● **Extracted data**
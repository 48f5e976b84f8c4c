//! Flights without a schedule. Written by `bench/rows/rows.py`.
use crate::rows::{Row, is_answered};

static ROWS_1: [Row; 6] = [
    Row {
        shows: "unscheduled: EIBT and EOBT",
        capacity: 100,
        starts: false,
        lines: r#"$+<
%+4(10:00)
!=
%+5(10:01)
!=
%+6(10:00)
!=
%+6(10:01)
!=
%+6(09:00)
!+7(10:00)
!=
!+7(10:01)
!=
"#,
        replies: r#"^
^
| 7:CDM01
^
| 7:CDM01,CDM07
^
| 7:CDM01
^
| 7:CDM01,CDM07
^
^
| 7:CDM01
^
| 7:CDM01,CDM07
"#,
    },
    Row {
        shows: "unscheduled: EIBT and TOBT",
        capacity: 100,
        starts: false,
        lines: r#"$+1(10:15:00Z",J}
*+9(10:00)
%+4(10:00)
!=
%+5(10:01)
!=
%+6(10:00)
!=
%+6(10:01)
!=
%+6(09:00)
!+7(10:00)
!=
!+7(10:01)
!=
"#,
        replies: r#"^
^
^
| 7:CDM01
^
| 7:CDM01,CDM07a
^
| 7:CDM01
^
| 7:CDM01,CDM07a
^
^
| 7:CDM01
^
| 7:CDM01,CDM07a
"#,
    },
    Row {
        shows: "unscheduled: EOBT and TOBT",
        capacity: 100,
        starts: false,
        lines: r#"$+<
*+9(10:15)
!=
*+9(10:16)
!=
*+9(09:45)
!=
*+9(09:44)
!=
"#,
        replies: r#"^
^
| 7:CDM01
^
| 7:CDM01,CDM08
^
| 7:CDM01
^
| 7:CDM01,CDM08
"#,
    },
    Row {
        shows: "unscheduled: boarding, the target and start-up",
        capacity: 100,
        starts: false,
        lines: r#"$+<
*+9(10:00)
1 29000749 APT {"cmd":"X
!=
1 29000750 APT {"cmd":"X
!=
*+9,"time":null}
!=
*+9(10:00)
!=
*+11(09:40)
%+10(10:01)
1 29000766 APT {"cmd":"X
!=
1 29000767 APT {"cmd":"X
!=
%+13(09:56)
%+14(10:06)
!=
%+14(10:07)
!=
%+14(09:56)
!=
"#,
        replies: r#"^
^
^
| 7:CDM01
^
| 7:CDM01,CDM09
^
| 7:CDM01,CDM10
^
| 7:CDM01
^
^
^
| 7:CDM01
^
| 7:CDM01,CDM11
^
^
| 7:CDM01
^
| 7:CDM01,CDM12
^
| 7:CDM01
"#,
    },
    Row {
        shows: "unscheduled: an automatic target",
        capacity: 100,
        starts: false,
        lines: r#"!S6,"kind":"tobt","program":"bf3U007`ffffffffV
$+<
!=
%+6(09:00)
!=
!S6,"kind":"tobt","program":"bf3U007`3c`V
%+6(09:00)
!=
"#,
        replies: r#"^
^
| 7:CDM01
^
| 7:CDM01,CDM14
^
^
| 7:CDM01
"#,
    },
    Row {
        shows: "unscheduled: all milestones",
        capacity: 100,
        starts: false,
        lines: r#"$+<
$+2(10:15)
$+3(08:00)
%+4(09:10)
%+5(09:08)
%+6(09:00)
!+7(09:05)
*+8(09:06)
*+9(10:00)
%+10(10:01)
*+11(09:40)
&+12(09:55)
%+13(09:58)
%+14(10:02)
%+15(10:03)
%+16(10:12)
&>
"#,
        replies: r#"^
^
^
^
^
^
^
^
^
^
^
^
^
^
^
^
~07U00444c4837U00004133323U000004441494243U004544444dfeff010002U`01`00003884ba014784ba01c083ba010484ba01fc83ba010184ba010284ba013884ba013984ba012484ba013384ba013684ba013a84ba013b84ba014484ba01
"#,
    },
];

#[test]
fn part_1(rt: HostRuntime) {
    for row in &ROWS_1 {
        is_answered(&rt, rt.alloc(), row);
    }
}
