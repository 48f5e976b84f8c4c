//! Alerts behind a start-up time, and with SOBT other than EOBT. Written by `bench/rows/rows.py`.
use crate::rows::{Row, is_answered};

static ROWS_1: [Row; 6] = [
    Row {
        shows: "later: raised and cleared up to the approval",
        capacity: 100,
        starts: false,
        lines: r#"!/
$+1(10:05:00Z","callsign":"DLH7","type":"A321","reg":"DAIBD","dest":"EDDF"}
%+6(09:00)
!+7(09:26)
*+9(09:49)
%+10(10:01)
!=
$+<
!+7(09:05)
!=
$+1(10:05:00Z","callsign":"DLH7","type":"A321","reg":"DAIBD","dest":"EDDF"}
!+7(09:26)
%+13(09:58)
!=
$+<
!+7(09:05)
!=
$+1(10:05:00Z","callsign":"DLH7","type":"A321","reg":"DAIBD","dest":"EDDF"}
!+7(09:26)
%+14(10:02)
!=
$+<
!+7(09:05)
!=
$+1(10:05:00Z","callsign":"DLH7","type":"A321","reg":"DAIBD","dest":"EDDF"}
!+7(09:26)
%+15(10:03)
!=
%+16(10:12)
!=
"#,
        replies: r#"^
^
^
^
^
^
| 7:CDM02,CDM03,CDM04,CDM05,CDM07,CDM08,CDM07a
^
^
| -
^
^
^
| 7:CDM02,CDM03,CDM04,CDM05,CDM07,CDM08,CDM07a
^
^
| -
^
^
^
| 7:CDM02,CDM03,CDM04,CDM05,CDM07,CDM08,CDM07a
^
^
| -
^
^
^
| 7:CDM02,CDM03,CDM04,CDM05,CDM07,CDM08,CDM07a
^
| 7:CDM02,CDM03,CDM04,CDM05,CDM07,CDM08,CDM07a
"#,
    },
    Row {
        shows: "later: no airport slot",
        capacity: 100,
        starts: false,
        lines: r#"$+<
*+9(10:00)
%+10(10:01)
!=
%+13(09:58)
%+14(10:02)
!=
%+15(10:03)
!=
%+16(10:12)
!=
!/
!=
"#,
        replies: r#"^
^
^
| 7:CDM01
^
^
| 7:CDM01
^
| 7:CDM01
^
| 7:CDM01
^
| -
"#,
    },
    Row {
        shows: "later: scheduled behind 10",
        capacity: 100,
        starts: false,
        lines: r#"$+<
*+9(10:00)
%+10(10:01)
!=
!/
!=
"#,
        replies: r#"^
^
^
| 7:CDM01
^
| -
"#,
    },
    Row {
        shows: "later: scheduled behind 14",
        capacity: 100,
        starts: false,
        lines: r#"$+<
*+9(10:00)
%+10(10:01)
%+13(09:58)
%+14(10:02)
!=
!/
!=
"#,
        replies: r#"^
^
^
^
^
| 7:CDM01
^
| -
"#,
    },
    Row {
        shows: "later: SOBT behind EOBT",
        capacity: 100,
        starts: false,
        lines: r#"!schedule","flight":7,J,"sobt":"2025-02-20T10:05:00Z","mttt":40,"exit":5,"exot":10,"stand":12}
$+<
%+6(09:15)
!=
%+6(09:16)
!=
*+9(09:44)
!=
*+9(10:15)
!=
"#,
        replies: r#"^
^
^
| 7:CDM02
^
| 7:CDM02,CDM07
^
| 7:CDM02,CDM07,CDM08,CDM07a
^
| 7:CDM02,CDM07
"#,
    },
    Row {
        shows: "later: SOBT before EOBT",
        capacity: 100,
        starts: false,
        lines: r#"!schedule","flight":7,J,"sobt":"2025-02-20T09:55:00Z","mttt":40,"exit":5,"exot":10,"stand":12}
$+<
%+6(09:15)
!=
%+6(09:16)
!=
*+9(09:44)
!=
*+9(10:15)
!=
"#,
        replies: r#"^
^
^
| 7:CDM02
^
| 7:CDM02,CDM07
^
| 7:CDM02,CDM07,CDM08,CDM07a
^
| 7:CDM02,CDM07
"#,
    },
];

#[test]
fn part_1(rt: HostRuntime) {
    for row in &ROWS_1 {
        is_answered(&rt, rt.alloc(), row);
    }
}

● **Exercise goal**
Count the lines in the entries above that include the string "bench", then give only that figure.

● **Solution for this exercise**
2